//! Result documents.
use os_io::Text;

/// The text of a result document, and whether it reports an error.
#[derive(Drop)]
pub struct Document {
    pub text: Text,
    pub is_error: bool,
}
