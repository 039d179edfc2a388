//! What is known of all answers to jobs.
ghost use Rattle.std.specs.Prelude.{◌≡◌, ◌⊎◌, ◌≤◌, ℕ, Bool, true, false, Option, None, Some, List, length};
ghost use Rattle.evidence.specs.ProvedBounds.{ProvedBound, IsProvedBound};
ghost use Rattle.evidence.specs.Claim.{Accepts, IsTrueOf};
ghost use Rattle.instance.specs.Parts.{Parts};
ghost use Rattle.document_tags.specs.Texts.{document_limit};
ghost use Rattle.instance.specs.Program.{problem};
ghost use Rattle.certificate.specs.Meanings as Means;
ghost use Rattle.certificate.specs.declared.claims.Claim.{Claim};
ghost use Rattle.simplex_rules.specs.Ends.{Terms, Clock};
ghost use Rattle.search_rules.specs.Search.{Found, Outcome};
ghost use Rattle.branch_bound.specs.Claims.{ClaimTellsWith, cause_of};
ghost use Rattle.certificate.specs.declared.causes.Cause.TheVariants.{Gap};
ghost use Rattle.osol_grammar.specs.declared.gaps.Gap as kinds_gap;
ghost use Rattle.osol_grammar.specs.declared.options.Options as kinds;
ghost use Rattle.osol_grammar.specs.Meaning.{IsOptionsText};
ghost use Rattle.osil_grammar.specs.Reading.{IsInstanceText};
ghost use Rattle.osrl_writing.specs.declared.report.Report.{Report};
ghost use Rattle.osrl_writing.specs.Writing.{report_text};
ghost use Rattle.osrl_grammar.specs.Reading.{IsReportText};
ghost use Rattle.document_checker.specs.declared.documents.Kind.{Kind};
ghost use Rattle.cert_checker.specs.declared.refused.Refused.{Refused};
ghost use Rattle.cert_checker.specs.Refusals.{IsRefusedFor};
ghost use Rattle.document_checker.specs.Documents.{kind, IsAcceptedText};
ghost use Rattle.solve_run.specs.Judging.{IsFinal, IsWideAt, is_bounded};
ghost use Rattle.solve_run.specs.Closings.{IsFormed, IsShort, claim_report, noted};
ghost use Rattle.rational.specs.Ratio.{Ratio};
ghost use Rattle.search_rules.specs.Beginnings.{IsFirstBest};
ghost use Rattle.search_rules.specs.Bounds.{claimed};
ghost use Rattle.search_rules.specs.Asked.{Asked, AskedSearch};
ghost use Rattle.solve_run.specs.Firsts.{IsFirstOf, IsNoteFrom};
ghost use Rattle.solve_run.specs.JobAnswers.{RefusesOptions, RefusesInstance, TakesBeside, SolvedBeside, GaveUpBeside, AnswersBeside, TellsReport, Right};
ghost use Rattle.solve_run.specs.Grounds.{OptionsAreOne, SearchesAreOne, HandedAreOne};
ghost use Rattle.fraction.specs.declared.frac.Frac.{Frac};
ghost use Rattle.solve_run.specs.Asking.{job_asked, GapHolds};
ghost use Rattle.solve_run.specs.Untils.{job_terms, renamed};

use cert_checker::{
    claims_have_one_refusal, refused_is_not_accepted, shown_is_refused_for_width_alone,
};
use document_checker::{
    accepted_documents_are_not_refused, accepted_documents_are_true, documents_have_one_answer,
    instances_are_one,
};
use document_tags::tree_faults_have_one_text;
use fraction::equal_fractions;
use handed_results::options_hand_in_one;
use instance::problems_have_numbers;
use instance_names::names_are_of_characters;
use osol_grammar::{
    document_has_one_refusal, document_says_one, options_are_not_refused, options_have_names,
};
use osrl_grammar::{
    document_has_one_report, named_texts_are_reports, read_claims_fit, written_texts_are_reports,
};
use search_rules::{
    asked_searches_are_shown, first_points_are_one, near_points_are_within_the_gap,
};

/// The laws of options' texts.
fn options_are_one()
    ensures { OptionsAreOne }
{
    document_says_one();
    options_are_not_refused();
    document_has_one_refusal();
    tree_faults_have_one_text();
}

/// The laws of searches, and of the checks of what they claim.
fn searches_are_one()
    ensures { SearchesAreOne }
{
    problems_have_numbers();
    first_points_are_one();
    asked_searches_are_shown();
    equal_fractions();
    claims_have_one_refusal();
    refused_is_not_accepted();
}

/// The laws of results that are handed in.
fn handed_are_one()
    ensures { HandedAreOne }
{
    options_hand_in_one();
    document_has_one_report();
    accepted_documents_are_not_refused();
    documents_have_one_answer();
}

/// Law: whether the options are refused, the instance is, a result that is handed in is taken, or the instance is searched, is decided
/// by their texts, but for want of memory.
pub fn answers_exclude_each_other()
    ensures options_instance { (osil osol : List ℕ) (r s : Report) → RefusesOptions osol r → RefusesInstance osil osol s → ⊥ }
    ensures options_search { (beside : Option (List ℕ)) (osil osol : List ℕ) (stop : Option ℕ) (timed : Option Frac) (looks : ℕ) (r s : Report) → RefusesOptions osol r → SolvedBeside beside osil osol stop timed looks s → ⊥ }
    ensures instance_search { (beside : Option (List ℕ)) (osil osol : List ℕ) (stop : Option ℕ) (timed : Option Frac) (looks : ℕ) (r s : Report) → RefusesInstance osil osol r → SolvedBeside beside osil osol stop timed looks s → ⊥ }
    ensures options_handed { (beside : Option (List ℕ)) (osil osol : List ℕ) (r s : Report) → RefusesOptions osol r → TakesBeside beside osil osol s → ⊥ }
    ensures instance_handed { (beside : Option (List ℕ)) (osil osol : List ℕ) (r s : Report) → RefusesInstance osil osol r → TakesBeside beside osil osol s → ⊥ }
    ensures handed_search { (beside : Option (List ℕ)) (osil osol : List ℕ) (stop : Option ℕ) (timed : Option Frac) (looks : ℕ) (r s : Report) → TakesBeside beside osil osol r → SolvedBeside beside osil osol stop timed looks s → ⊥ }
{
    options_are_one();
    instances_are_one();
    handed_are_one();
}

/// Law: a job has one answer of each kind: one for refused options, one for a refused instance, one for a result that is handed in
/// and taken, and one for a search that no look stops, or that the same look
/// stops, for the same time or for none, after so many looks.
pub fn answers_are_one()
    ensures options { (osol : List ℕ) (r s : Report) → RefusesOptions osol r → RefusesOptions osol s → r ≡ s }
    ensures instance { (osil osol : List ℕ) (r s : Report) → RefusesInstance osil osol r → RefusesInstance osil osol s → r ≡ s }
    ensures search { (beside : Option (List ℕ)) (osil osol : List ℕ) (stop : Option ℕ) (timed : Option Frac) (looks more : ℕ) (r s : Report) → SolvedBeside beside osil osol stop timed looks r → SolvedBeside beside osil osol stop timed more s → (r ≡ s) × (looks ≡ more) }
    ensures handed { (beside : Option (List ℕ)) (osil osol : List ℕ) (r s : Report) → TakesBeside beside osil osol r → TakesBeside beside osil osol s → r ≡ s }
{
    options_are_one();
    instances_are_one();
    searches_are_one();
    handed_are_one();
}

/// Law: a claim that a search finds, that a point is optimal, that none is feasible or that points have no best value, is refused
/// by the checker for width alone.
pub fn found_claims_are_refused_for_width_alone()
    ensures { (p : Parts) (t : Terms) (a : Asked) (gs : Option (List (Option Ratio))) (start : Option Found) (o : Outcome) (b : Option ProvedBound) (found : Claim) (c : Clock) (r : Refused) → IsFirstBest (problem p) gs start → AskedSearch (problem p) t a start o b c → ClaimTellsWith found o b → IsFinal found → IsRefusedFor (problem p) (Means.claim found) r → (n : ℕ) × IsWideAt r n }
{
    problems_have_numbers();
    asked_searches_are_shown();
    shown_is_refused_for_width_alone();
}

/// Law: where the search of a job that isn't asked to stop ends with a claim that is refused for no width, and is accepted with its
/// bound, if it has one, and whose document isn't too long in the form that is asked for, the job's answer tells it so, with the message about a result that is handed in and about first values, which aren't taken, if there are such;
/// or such a result is taken, or memory is wanting, or a time that its options say was over at a look. Such is each claim that a point is optimal, that none is feasible or that points
/// have no best value, and that the checker accepts.
pub fn ended_searches_are_told()
    ensures { (beside : Option (List ℕ)) (osil osol : List ℕ) (o : kinds.Options) (p : Parts) (start : Option Found) (oc : Outcome) (b : Option ProvedBound) (found formed : Claim) (c : Clock) (r : Report) → IsOptionsText osol o → IsInstanceText osil p → IsFirstOf (problem p) o start → AskedSearch (problem p) (job_terms o None) (job_asked o) start oc b c → ClaimTellsWith found oc b → ((q : Refused) (n : ℕ) → IsRefusedFor (problem p) (Means.claim found) q → IsWideAt q n → ⊥) → (is_bounded found ≡ true → Accepts (problem p) (Means.claim found)) → IsFormed p o.job o.form found formed → IsShort o.job formed → AnswersBeside beside osil osol false r → ((note : Option (List ℕ)) × IsNoteFrom beside osol o p start note × (r ≡ noted note (claim_report o.job formed))) ⊎ TakesBeside beside osil osol r ⊎ GaveUpBeside beside osil osol r ⊎ ((s : Frac) × (looks : ℕ) × (o.seconds ≡ Some s) × SolvedBeside beside osil osol (Some looks) (Some s) looks r) }
{
    options_are_one();
    instances_are_one();
    searches_are_one();
    handed_are_one();
}

/// Law: a search that is given up and has a bound tells it, but where a sum of its nodes doesn't fit or the document would be too long
/// with it; a search of which no bound is asked has none. One is given up for a gap only where the options say one, and then no feasible
/// point is better than its best one by more than that allows.
pub fn bounds_are_told()
    ensures told { (beside : Option (List ℕ)) (osil osol : List ℕ) (stop : Option ℕ) (timed : Option Frac) (looks : ℕ) (r : Report) (s : SolvedBeside beside osil osol stop timed looks r) (b : ProvedBound) → s.bound ≡ Some b → IsProvedBound (problem s.given.parts) b → IsShort s.given.options.job s.found → Means.claim s.told ≡ claimed (renamed timed s.outcome) (Some b) }
    ensures unasked { (beside : Option (List ℕ)) (osil osol : List ℕ) (stop : Option ℕ) (timed : Option Frac) (looks : ℕ) (r : Report) (s : SolvedBeside beside osil osol stop timed looks r) → (s.given.options.bound ≡ 1 → ⊥) → s.bound ≡ None }
    ensures gap { (beside : Option (List ℕ)) (osil osol : List ℕ) (stop : Option ℕ) (timed : Option Frac) (looks : ℕ) (r : Report) (s : SolvedBeside beside osil osol stop timed looks r) → cause_of s.outcome ≡ Some Gap → (g : kinds_gap.Gap) × (s.given.options.gap ≡ Some g) × GapHolds (problem s.given.parts) g s.ends.last s.ends.numbers }
{
    problems_have_numbers();
    asked_searches_are_shown();
    near_points_are_within_the_gap();
}

/// Law: whatever an answer says, be it a claim, that nothing is known, or why the options or the instance were refused, its document
/// is read as that answer, and isn't longer than a document may be, with names too where they are asked for.
pub fn result_documents_are_read_back()
    ensures read { (beside : Option (List ℕ)) (osil osol : List ℕ) (asked : Bool) (r : Report) → AnswersBeside beside osil osol asked r → IsReportText (report_text r) r }
    ensures short { (beside : Option (List ℕ)) (osil osol : List ℕ) (asked : Bool) (r : Report) → AnswersBeside beside osil osol asked r → length (report_text r) ≤ document_limit }
    ensures told { (beside : Option (List ℕ)) (osil osol : List ℕ) (asked : Bool) (r : Report) (text : List ℕ) → AnswersBeside beside osil osol asked r → TellsReport osil osol r text → IsReportText text r }
{
    names_are_of_characters();
    named_texts_are_reports();
    options_have_names();
    problems_have_numbers();
    asked_searches_are_shown();
    read_claims_fit();
    written_texts_are_reports();
}

/// Law: what an answer claims, be it that a point is optimal, that none is feasible, that points have no best value, or a
/// point, is accepted by the checker of documents from the bytes of the answer's document, with names or without, and is true.
pub fn claims_are_accepted()
    ensures accepted { (beside : Option (List ℕ)) (osil osol : List ℕ) (asked : Bool) (r : Report) (c : Claim) (k : Kind) → AnswersBeside beside osil osol asked r → r.claim ≡ Some c → kind c ≡ Some k → IsAcceptedText osil (report_text r) k }
    ensures told { (beside : Option (List ℕ)) (osil osol : List ℕ) (asked : Bool) (r : Report) (text : List ℕ) (c : Claim) (k : Kind) → AnswersBeside beside osil osol asked r → TellsReport osil osol r text → r.claim ≡ Some c → kind c ≡ Some k → IsAcceptedText osil text k }
    ensures is_true { (beside : Option (List ℕ)) (osil osol : List ℕ) (asked : Bool) (p : Parts) (r : Report) (c : Claim) (k : Kind) → IsInstanceText osil p → AnswersBeside beside osil osol asked r → r.claim ≡ Some c → kind c ≡ Some k → IsTrueOf (problem p) (Means.claim c) }
{
    result_documents_are_read_back();
    options_have_names();
    problems_have_numbers();
    asked_searches_are_shown();
    read_claims_fit();
    written_texts_are_reports();
    accepted_documents_are_true();
}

→ Exercise objective: Only the lines from the start of the material through the line containing "answers to jobs." belong in the answer, each copied exactly.

→ Written response:
//! Result documents.
use os_io::Text;

/// The text of a result document, and whether it reports an error.
#[derive(Drop)]
pub struct Document {
    pub text: Text,
    pub is_error: bool,
}
repository 039d179edfc2a388
//! What is known of all answers to jobs.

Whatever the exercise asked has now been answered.